## EXERCISE REQUIREMENTS
When a line below contains the string "NoMemory", show that line.

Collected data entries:
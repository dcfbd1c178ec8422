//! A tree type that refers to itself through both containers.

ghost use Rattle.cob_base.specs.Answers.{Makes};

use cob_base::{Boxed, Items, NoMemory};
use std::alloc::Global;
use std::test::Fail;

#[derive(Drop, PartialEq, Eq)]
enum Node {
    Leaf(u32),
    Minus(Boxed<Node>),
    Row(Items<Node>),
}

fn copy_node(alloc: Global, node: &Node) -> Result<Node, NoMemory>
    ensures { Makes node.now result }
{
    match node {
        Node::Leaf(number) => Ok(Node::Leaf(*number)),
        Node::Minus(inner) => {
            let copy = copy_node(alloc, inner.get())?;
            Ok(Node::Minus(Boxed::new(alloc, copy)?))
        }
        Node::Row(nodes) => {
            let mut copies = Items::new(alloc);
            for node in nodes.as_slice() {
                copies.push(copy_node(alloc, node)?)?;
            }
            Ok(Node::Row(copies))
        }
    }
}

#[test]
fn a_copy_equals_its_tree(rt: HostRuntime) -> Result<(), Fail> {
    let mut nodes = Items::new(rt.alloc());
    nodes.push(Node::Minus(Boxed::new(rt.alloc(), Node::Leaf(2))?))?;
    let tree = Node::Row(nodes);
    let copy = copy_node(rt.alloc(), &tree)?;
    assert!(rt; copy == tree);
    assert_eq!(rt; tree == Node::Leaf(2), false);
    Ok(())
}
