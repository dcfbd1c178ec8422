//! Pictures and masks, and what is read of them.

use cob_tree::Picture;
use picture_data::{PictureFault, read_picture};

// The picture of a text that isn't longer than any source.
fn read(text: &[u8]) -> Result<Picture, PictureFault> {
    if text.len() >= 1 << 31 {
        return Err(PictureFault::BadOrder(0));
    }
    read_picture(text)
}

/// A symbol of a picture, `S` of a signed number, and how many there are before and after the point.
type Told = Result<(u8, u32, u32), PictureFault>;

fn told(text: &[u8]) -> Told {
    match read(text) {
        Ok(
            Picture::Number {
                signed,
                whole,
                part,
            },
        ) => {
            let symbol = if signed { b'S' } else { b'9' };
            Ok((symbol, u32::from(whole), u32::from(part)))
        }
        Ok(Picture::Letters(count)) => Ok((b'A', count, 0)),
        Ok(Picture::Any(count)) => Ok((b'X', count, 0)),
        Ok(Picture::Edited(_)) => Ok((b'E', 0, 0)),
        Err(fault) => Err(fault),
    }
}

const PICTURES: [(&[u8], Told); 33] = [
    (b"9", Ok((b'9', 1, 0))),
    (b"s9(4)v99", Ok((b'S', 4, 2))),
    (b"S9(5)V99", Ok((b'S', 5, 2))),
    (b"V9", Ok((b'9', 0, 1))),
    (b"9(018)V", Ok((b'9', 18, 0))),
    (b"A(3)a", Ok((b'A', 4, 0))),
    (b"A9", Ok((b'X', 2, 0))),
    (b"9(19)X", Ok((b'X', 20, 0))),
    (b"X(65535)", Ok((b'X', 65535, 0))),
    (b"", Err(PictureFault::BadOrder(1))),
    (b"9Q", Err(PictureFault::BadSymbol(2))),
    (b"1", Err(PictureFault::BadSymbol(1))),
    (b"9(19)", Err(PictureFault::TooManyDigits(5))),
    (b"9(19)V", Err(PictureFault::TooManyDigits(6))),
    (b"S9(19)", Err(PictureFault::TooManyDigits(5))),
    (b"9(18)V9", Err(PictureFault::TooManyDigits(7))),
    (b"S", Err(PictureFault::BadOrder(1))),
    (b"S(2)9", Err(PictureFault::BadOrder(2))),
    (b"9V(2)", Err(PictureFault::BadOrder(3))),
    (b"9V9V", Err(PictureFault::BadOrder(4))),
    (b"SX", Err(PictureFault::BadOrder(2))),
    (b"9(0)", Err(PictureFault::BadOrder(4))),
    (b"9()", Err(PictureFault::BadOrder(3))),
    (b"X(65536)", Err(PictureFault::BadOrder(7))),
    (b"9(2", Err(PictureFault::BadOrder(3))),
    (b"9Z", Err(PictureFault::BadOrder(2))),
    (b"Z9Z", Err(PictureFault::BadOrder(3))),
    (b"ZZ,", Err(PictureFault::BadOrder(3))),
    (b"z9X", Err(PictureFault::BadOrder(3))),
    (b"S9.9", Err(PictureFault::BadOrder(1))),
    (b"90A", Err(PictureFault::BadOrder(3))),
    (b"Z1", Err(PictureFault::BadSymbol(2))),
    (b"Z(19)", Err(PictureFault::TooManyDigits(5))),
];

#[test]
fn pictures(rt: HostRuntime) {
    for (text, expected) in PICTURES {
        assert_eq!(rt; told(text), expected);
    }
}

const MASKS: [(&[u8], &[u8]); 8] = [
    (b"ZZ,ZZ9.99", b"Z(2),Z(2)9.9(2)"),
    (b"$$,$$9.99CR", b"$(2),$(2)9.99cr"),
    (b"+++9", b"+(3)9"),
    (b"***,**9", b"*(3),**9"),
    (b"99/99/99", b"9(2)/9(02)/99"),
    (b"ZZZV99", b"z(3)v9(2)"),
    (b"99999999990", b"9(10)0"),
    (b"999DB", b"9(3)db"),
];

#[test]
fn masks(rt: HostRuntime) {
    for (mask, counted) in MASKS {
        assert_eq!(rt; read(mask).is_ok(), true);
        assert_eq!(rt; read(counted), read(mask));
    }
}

...

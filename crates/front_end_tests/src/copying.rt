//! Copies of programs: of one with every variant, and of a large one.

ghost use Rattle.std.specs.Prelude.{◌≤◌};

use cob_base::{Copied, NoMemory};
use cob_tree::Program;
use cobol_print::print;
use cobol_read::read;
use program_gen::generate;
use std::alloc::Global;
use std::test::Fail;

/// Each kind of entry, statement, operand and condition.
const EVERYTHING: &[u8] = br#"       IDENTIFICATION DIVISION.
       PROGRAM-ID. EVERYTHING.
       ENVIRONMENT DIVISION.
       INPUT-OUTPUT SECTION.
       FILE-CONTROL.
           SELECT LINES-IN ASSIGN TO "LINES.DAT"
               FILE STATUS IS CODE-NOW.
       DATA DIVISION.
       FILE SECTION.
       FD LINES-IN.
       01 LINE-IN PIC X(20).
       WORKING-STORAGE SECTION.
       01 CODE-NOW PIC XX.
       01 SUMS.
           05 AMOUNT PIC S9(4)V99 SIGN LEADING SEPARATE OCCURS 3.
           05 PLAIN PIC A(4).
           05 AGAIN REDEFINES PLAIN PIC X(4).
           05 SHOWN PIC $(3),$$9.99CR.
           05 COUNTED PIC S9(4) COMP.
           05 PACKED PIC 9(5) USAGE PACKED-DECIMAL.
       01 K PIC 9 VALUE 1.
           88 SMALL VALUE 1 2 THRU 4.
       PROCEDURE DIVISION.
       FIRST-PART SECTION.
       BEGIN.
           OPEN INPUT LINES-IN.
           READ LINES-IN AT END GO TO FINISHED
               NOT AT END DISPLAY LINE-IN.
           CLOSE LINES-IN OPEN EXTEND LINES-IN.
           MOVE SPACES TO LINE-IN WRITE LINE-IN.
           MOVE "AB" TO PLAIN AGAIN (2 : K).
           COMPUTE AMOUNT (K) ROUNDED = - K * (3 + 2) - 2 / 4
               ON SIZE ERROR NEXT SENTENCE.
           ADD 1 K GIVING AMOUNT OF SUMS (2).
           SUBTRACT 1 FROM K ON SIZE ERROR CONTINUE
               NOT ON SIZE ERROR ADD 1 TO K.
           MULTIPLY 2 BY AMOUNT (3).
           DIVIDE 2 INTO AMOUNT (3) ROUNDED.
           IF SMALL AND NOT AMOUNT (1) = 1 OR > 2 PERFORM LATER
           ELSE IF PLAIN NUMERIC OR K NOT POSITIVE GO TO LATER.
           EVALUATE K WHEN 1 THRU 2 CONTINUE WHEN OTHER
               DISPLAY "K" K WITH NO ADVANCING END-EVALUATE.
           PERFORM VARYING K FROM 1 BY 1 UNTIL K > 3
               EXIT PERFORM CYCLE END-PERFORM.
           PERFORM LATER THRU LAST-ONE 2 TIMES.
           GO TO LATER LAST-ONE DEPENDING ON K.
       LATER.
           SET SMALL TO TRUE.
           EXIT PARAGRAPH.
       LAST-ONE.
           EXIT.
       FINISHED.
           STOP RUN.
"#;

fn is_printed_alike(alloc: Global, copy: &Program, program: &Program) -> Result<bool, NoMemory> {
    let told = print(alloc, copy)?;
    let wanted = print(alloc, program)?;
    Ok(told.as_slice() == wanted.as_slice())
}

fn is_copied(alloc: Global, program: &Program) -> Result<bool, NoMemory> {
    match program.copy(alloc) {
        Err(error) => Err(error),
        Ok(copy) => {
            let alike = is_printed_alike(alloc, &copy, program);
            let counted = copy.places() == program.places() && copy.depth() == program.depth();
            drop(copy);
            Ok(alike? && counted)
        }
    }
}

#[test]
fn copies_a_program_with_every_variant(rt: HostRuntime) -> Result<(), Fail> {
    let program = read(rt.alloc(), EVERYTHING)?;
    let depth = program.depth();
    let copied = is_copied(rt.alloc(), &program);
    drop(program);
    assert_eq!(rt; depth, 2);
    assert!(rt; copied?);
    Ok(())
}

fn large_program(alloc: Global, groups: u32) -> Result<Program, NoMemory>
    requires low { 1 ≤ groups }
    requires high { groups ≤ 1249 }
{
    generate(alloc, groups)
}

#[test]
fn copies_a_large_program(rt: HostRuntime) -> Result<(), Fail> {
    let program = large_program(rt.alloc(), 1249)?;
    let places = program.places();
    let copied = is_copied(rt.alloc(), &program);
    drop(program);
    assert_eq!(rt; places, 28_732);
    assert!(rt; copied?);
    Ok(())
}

## ANSWER AREA
use cob_base::{Boxed, Items, NoMemory};
fn copy_node(alloc: Global, node: &Node) -> Result<Node, NoMemory>
use cob_base::{Copied, NoMemory};
fn is_printed_alike(alloc: Global, copy: &Program, program: &Program) -> Result<bool, NoMemory> {
fn is_copied(alloc: Global, program: &Program) -> Result<bool, NoMemory> {
fn large_program(alloc: Global, groups: u32) -> Result<Program, NoMemory>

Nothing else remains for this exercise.